Steirische KAGes unterzieht sich mit „Reshape 2030“ Reformprozess

Die Steiermärkische Krankenanstaltengesellschaft KAGes hat einen Reformprozess gestartet - „KAGes Reshape 2030“ nennt man das von offizieller Seite. Ein wesentlicher Teil ist der Straffung der Organisation und der Abläufe gewidmet. Dazu wird die Organisationsstruktur der Zentrale in Graz jener der kollegialen Führungen in den einzelnen Spitalsstandorten angeglichen. Am Montag wurde das Vorhaben unter Leitung von KAGes-Aufsichtsratsvorsitzenden Günter Dörflinger präsentiert.

red/Agenturen

Reduktion des akuten und künftigen Ärztemangels, sowie der Pflegeressourcen, Entlastung der Ärzte und Pflegepersonal hinsichtlich Administration und Dokumentation, Reduktion regionaler Abwanderung von Personal, Patientenabholungen beschleunigen, Sonderklasse attraktivieren, Rückgriff auf regionale Ressourcen beim Lebensmitteleinkauf, Nachhaltigkeitsziele weiter verfolgen - das alles steht neben der Anpassung der Organisationsstruktur auf der Liste der Vorhaben des Reformprojektes. Im Mai 2021 ist der Reshape-Prozess unter der Leitung von Dörflinger gestartet worden.

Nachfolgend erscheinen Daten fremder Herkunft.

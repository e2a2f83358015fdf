//! The start of classes: which class a node starts, their initializers one after another, and what comes behind them.
//!
//! Inside the machine alone. What its frames stand for is in `machine_parts/specs/Ways.antt` and `Starts.antt`; the
//! functions here go on as `starts_on`, `goes_behind` and `load_from` there say.
#![tactic(auto, unfolding(machine_parts::specs::way::Opened::opened))]

pub mod initialize;
pub mod node;
pub mod starting;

Als zentraler Punkt wurde am Montag präsentiert, dass sich in Zukunft die Führungsstruktur aus ärztlicher Direktion, Pflegedirektion und Betriebsdirektion, wie sie in den Spitalsstandorten bzw. Spitalsverbünden in der Steiermark eingeführt wurde, auch in der KAGes-Zentrale widerspiegeln soll. „Die Größe der Organisation erfordert durchgängige Strukturen“, hob Vorstandsvorsitzender Gerhard Stark hervor. Er hat nach dem Rücktritt von Karlheinz Tscheliessnigg interimistisch die Funktion übernommen. Die laufende Periode geht Anfang 2023 zu Ende.

Die Neuerung bedeute, dass in der zweiten Führungsebene nach dem Vorstand zukünftig in der Zentrale korrespondierende „Direktorien“ Ansprechpartner für die elf Häuser sein werden. Die bisher zuständigen 16 Organisationseinheiten werden sich dann in eine Medizinische Direktion, sowie eine Pflege, Finanz- & Controlling, Human Ressources & Recht-, sowie IT- & Technik-Direktion aufteilen. Die neue Organisationsstruktur bringe laut Stark eine Aufwertung der Leitungen in den Häusern, wie auch des Bereichs der Pflege mit sich. Ziel sei es generell die Verwaltung in dem größten Unternehmen der Steiermark effizienter zu machen, die Patienten- und Mitarbeiterzufriedenheit zu erhöhen und die internen und externen Kommunikationsstrukturen zu stärken, legte Gesundheitslandesrätin Juliane Bogner-Strauß (ÖVP) dar.

Dem Reshape-Team gehören neben Dörflinger Medizinerinnen und Mediziner, Vertreter der Pflegedirektion, der Betriebsdirektion, der Patientenvertretung, des Betriebsrates sowie externe Expertinnen uns Experten an. „Wir haben keine internationale Beratungsagentur engagiert, sondern Fachleute aus den eigenen Reihen und Externe eingebunden“, erklärte Dörflinger. Insgesamt wurden fünf Arbeitsgruppen für die Bereiche Patienten-Fokus, Mitarbeiter-Fokus, Neue Geschäftsfelder, Strukturen und Kommunikation gebildet.

Die Direktorien sollen noch im April ausgeschrieben werden. „Es können sich Externe und Interne bewerben“, sagte Dörflinger. Im April soll auch die neue Geschäftsordnung erstellt werden, die festhält, was die Zentraldirektion und was die Verbünde zu machen haben. Und nicht zuletzt wird auch die Ausschreibung des neuen KAGes-Vorstandsvorsitzenden vorangetrieben: Auch hier soll die Ausschreibung im April erfolgen. „Das wollen wir rechtzeitig geklärt haben, denn der Vorstand soll in die Auswahl der neuen Führungspositionen der zweiten Ebene eingebunden werden“, so Dörflinger.

Zur KAGes gehören elf Landeskrankenanstalten an 20 Standorten und vier Landespflegezentren in der ganzen Steiermark. Mit rund 18.000 Mitarbeitenden ist sie der größte Arbeitgeber der Steiermark.